The start of a new year is a natural time to reflect on our health and set intentions for the months ahead. But rather than chasing extreme diets or complicated wellness routines, decades of research point to a handful of straightforward behaviors that genuinely move the needle on long-term health. CNN wellness expert Dr. Leana Wen, an emergency physician and adjunct associate professor at George Washington University, breaks down five practical, evidence-based habits that can make a real difference — not just in 2026, but for decades to come.

1. Move Your Body Regularly

Regular physical activity is one of the most powerful investments you can make in your health. Exercise benefits virtually every organ system in the body — it lowers blood pressure, improves cholesterol, strengthens the heart, and boosts mood. The CDC recommends at least 150 minutes of moderate-intensity activity per week, such as brisk walking, along with muscle-strengthening exercises on two or more days. But the key message is this: some movement is always better than none. If you’re just starting out, a 5- to 10-minute walk each day is a perfectly valid first step. Build gradually, and the results will follow.

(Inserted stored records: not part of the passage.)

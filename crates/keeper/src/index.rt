// Where the rows of a list stand: by key, by desk and by holder.
ghost use Rattle.std.specs.Prelude.{◌≡◌, ◌∷◌, ◌++◌, [], None, List, length, OnOk, OnErr};
ghost use Rattle.std.specs.BTreeMap.{get};
ghost use Rattle.std.specs.List.{position};
ghost use Rattle.keeper.specs.declared.rows.Row as said;
ghost use Rattle.keeper.specs.Rows.{has_key, is_of, kept_row};
ghost use Rattle.keeper.specs.Steps.{is_held};
ghost use Rattle.keeper.specs.Headings.{heading_cmp, Enters, StayPlaces, list_at, Becomes, with_place, without_last, StayLists, places_of, desk_of, holder_of};
ghost use Rattle.keeper.specs.Index.{AreKeyed, AreFiled, IsIndex};

use crate::heading::Heading;
use crate::{Row, Table};
use eac_base::NoMemory;
use holder_reference::{Holder, Reference};
use std::alloc::Global;
use std::collections::BTreeMap;
use std::marker::Model;

/// Places in a list of rows.
#[derive(Debug, Drop)]
struct Places {
    places: Vec<usize>,
}

impl Model for Places {
    ghost use Rattle.std.specs.Prelude.{ℕ, List};

    ghost Value = { List ℕ };

    ghost view = { λ p. p.places.items };
}

impl Places {
    fn new(alloc: Global) -> Places
        ensures { result ≡ [] }
    {
        Places {
            places: Vec::new(alloc),
        }
    }

    fn push(&mut self, place: usize) -> Result<(), NoMemory>
        ensures pushed { OnOk result (self.new ≡ with_place place self.old) }
        ensures kept { OnErr result (self.new ≡ self.old) }
    {
        self.places.push(place)?;
        Ok(())
    }

    fn drop_last(&mut self)
        ensures { self.new ≡ without_last self.old }
    {
        self.places.pop();
    }

    fn as_slice(&self) -> &[usize]
        ensures { result.now ≡ self.now }
    {
        self.places.as_slice()
    }
}

/// Places by heading. A heading that isn't there has none.
#[derive(Debug, Drop)]
struct PlaceLists {
    alloc: Global,
    lists: BTreeMap<Heading, Places>,
}

impl PlaceLists {
    fn new(alloc: Global) -> PlaceLists
        ensures { AreFiled desk_of result.lists [] × AreFiled holder_of result.lists [] }
    {
        PlaceLists {
            alloc,
            lists: BTreeMap::new(alloc),
        }
    }

    fn at(&self, heading: &Heading) -> &[usize]
        ensures { result.now ≡ list_at self.now.lists heading.now }
    {
        match self.lists.get(heading) {
            Some(places) => places.as_slice(),
            None => &[],
        }
    }

    /// The first place under a heading.
    fn begin(&mut self, heading: Heading, place: usize) -> Result<(), NoMemory>
        requires { list_at self.old.lists heading ≡ [] }
        ensures pushed { OnOk result (Becomes (with_place place) heading self.old.lists self.new.lists) }
        ensures kept { OnErr result (StayLists self.old.lists self.new.lists) }
    {
        let mut places = Places::new(self.alloc);
        places.push(place)?;
        self.lists.insert(heading, places)?;
        Ok(())
    }

    /// One place more under a heading.
    fn push(&mut self, heading: Heading, place: usize) -> Result<(), NoMemory>
        ensures pushed { OnOk result (Becomes (with_place place) heading self.old.lists self.new.lists) }
        ensures kept { OnErr result (StayLists self.old.lists self.new.lists) }
    {
        match self.lists.get_mut(&heading) {
            Some(places) => places.push(place),
            None => self.begin(heading, place),
        }
    }

    /// One place fewer.
    fn drop_last(&mut self, heading: &Heading)
        ensures { Becomes without_last heading.now self.old.lists self.new.lists }
    {
        if let Some(places) = self.lists.get_mut(heading) {
            places.drop_last();
        }
    }
}

/// The place of each key.
#[derive(Debug, Drop)]
struct KeyPlaces {
    places: BTreeMap<Heading, usize>,
}

impl KeyPlaces {
    fn new(alloc: Global) -> KeyPlaces
        ensures { AreKeyed result.places [] }
    {
        KeyPlaces {
            places: BTreeMap::new(alloc),
        }
    }

    fn at(&self, key: &Heading) -> Option<usize>
        ensures { result ≡ get heading_cmp self.now.places key.now }
    {
        self.places.get(key).copied()
    }

    /// Gives a key its place.
    fn enter(&mut self, key: Heading, place: usize) -> Result<(), NoMemory>
        ensures entered { OnOk result (Enters key place self.old.places self.new.places) }
        ensures kept { OnErr result (StayPlaces self.old.places self.new.places) }
    {
        self.places.insert(key, place)?;
        Ok(())
    }
}

/// Where rows stand in their list.
#[derive(Debug, Drop)]
pub(crate) struct Index {
    keys: KeyPlaces,
    desks: PlaceLists,
    holders: PlaceLists,
}

impl Index {
    /// That of no rows.
    pub(crate) fn new(alloc: Global) -> Index
        ensures { IsIndex result [] }
    {
        Index {
            keys: KeyPlaces::new(alloc),
            desks: PlaceLists::new(alloc),
            holders: PlaceLists::new(alloc),
        }
    }

    /// The place of the row of a key.
    pub(crate) fn place(&self, table: Table, desk: u32, reference: &Reference) -> Option<usize>
        ensures { (rows : List said.Row) → IsIndex self.now rows →
            result ≡ position (has_key table desk reference.now) rows }
    {
        self.keys.at(&Heading::at_row(table, desk, reference))
    }

    /// The places of a desk's rows in a table.
    pub(crate) fn at_desk(&self, table: Table, desk: u32) -> &[usize]
        ensures { (rows : List said.Row) → IsIndex self.now rows → result.now ≡ places_of (is_of table desk) rows }
    {
        self.desks.at(&Heading::at_desk(table, desk))
    }

    /// The places of those of a holder.
    pub(crate) fn of_holder(&self, table: Table, desk: u32, holder: &Holder) -> &[usize]
        ensures { (rows : List said.Row) → IsIndex self.now rows →
            result.now ≡ places_of (is_held table desk holder.now) rows }
    {
        self.holders.at(&Heading::at_holder(table, desk, holder))
    }

    /// Files a row that is new at a place, under its desk and its holder.
    fn file_lists(&mut self, row: &Row, place: usize) -> Result<(), NoMemory>
        ensures desks { OnOk result (Becomes (with_place place) (desk_of row.now)
            self.old.desks.lists self.new.desks.lists) }
        ensures holders { OnOk result (Becomes (with_place place) (holder_of row.now)
            self.old.holders.lists self.new.holders.lists) }
        ensures no_desks { OnErr result (StayLists self.old.desks.lists self.new.desks.lists) }
        ensures no_holders { OnErr result (StayLists self.old.holders.lists self.new.holders.lists) }
        ensures keys { self.new.keys ≡ self.old.keys }
    {
        self.desks.push(Heading::desk_of(row), place)?;
        match self.holders.push(Heading::holder_of(row), place) {
            Ok(()) => Ok(()),
            Err(refused) => {
                self.desks.drop_last(&Heading::desk_of(row));
                Err(refused)
            }
        }
    }

    /// Takes it out again.
    fn unfile_lists(&mut self, row: &Row)
        ensures desks { Becomes without_last (desk_of row.now) self.old.desks.lists self.new.desks.lists }
        ensures holders { Becomes without_last (holder_of row.now) self.old.holders.lists self.new.holders.lists }
        ensures keys { self.new.keys ≡ self.old.keys }
    {
        self.desks.drop_last(&Heading::desk_of(row));
        self.holders.drop_last(&Heading::holder_of(row));
    }

    /// Files a row with a new key, which gets this place. Nothing is filed where memory is wanting.
    pub(crate) fn file(&mut self, row: &Row, place: usize) -> Result<(), NoMemory>
        ensures filed { OnOk result ((rows : List said.Row) → place ≡ length rows → kept_row row.now rows ≡ None →
            IsIndex self.old rows → IsIndex self.new (rows ++ row.now ∷ [])) }
        ensures kept { OnErr result ((rows : List said.Row) → IsIndex self.old rows → IsIndex self.new rows) }
    {
        self.file_lists(row, place)?;
        match self.keys.enter(Heading::key_of(row), place) {
            Ok(()) => Ok(()),
            Err(refused) => {
                self.unfile_lists(row);
                Err(refused)
            }
        }
    }
}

2. Don’t Skip Your Checkups

Many of the most serious health conditions — high blood pressure, type 2 diabetes, high cholesterol — develop silently, without any obvious symptoms, until they’ve already caused significant damage. Regular checkups with a clinician allow for early detection and intervention before problems become severe. These visits are also an opportunity to review your vaccination status. While public health messaging may shift over time, your doctor can help you understand which vaccines are appropriate for your age, health history, and personal risk. Staying current on recommended vaccines remains one of the most effective ways to prevent serious illness.

3. Protect Your Sleep

Sleep is not a luxury — it’s a biological necessity. While we sleep, the body repairs tissues, regulates hormones, and restores energy balance. Chronic sleep deprivation has been linked to a higher risk of obesity, type 2 diabetes, cardiovascular disease, and mood disorders. One reason is hormonal: poor sleep increases hunger hormones and decreases the hormones that signal fullness, which can lead to overeating. Sleep also plays a critical role in immune function, memory, attention, and emotional regulation. Most adults need seven to nine hours per night. Even improving your sleep by 30 to 60 minutes a night can make a meaningful difference in how you feel and function day to day.

4. Eat More Whole Foods, Less Ultra-Processed

What you eat profoundly shapes your health. Ultraprocessed foods — think sugary drinks, packaged snacks, fast food, and ready meals — now account for more than half the calories consumed by many Americans. These foods tend to be high in added sugars, unhealthy fats, and sodium, while being low in the fiber, vitamins, and minerals your body needs. High consumption is associated with obesity, diabetes, heart disease, and even depression. The good news is that you don’t need a perfect diet to see benefits. Simply shifting toward more whole foods — vegetables, fruits, whole grains, lean proteins, legumes, and nuts — can stabilize your energy, blood sugar, and appetite over time.

5. Nurture Your Relationships

Human beings are wired for connection, and our relationships have a direct impact on our physical and mental health. Strong social ties are associated with lower rates of anxiety and depression, better immune function, and a reduced risk of chronic disease. On the flip side, loneliness and social isolation are linked to cognitive decline, cardiovascular disease, and even early mortality. You don’t need a packed social calendar to reap the benefits. Regular phone calls with a friend, shared meals, group walks, or community activities all count. These small moments of connection are both good for your mood today and a long-term investment in your overall well-being.

The Bigger Picture

What makes these five habits especially powerful is how deeply they reinforce one another. Better sleep makes it easier to exercise. Regular exercise improves sleep quality and mood. Strong social connections support the motivation needed to stick with healthy routines. They’re not five separate goals — they’re one interconnected system.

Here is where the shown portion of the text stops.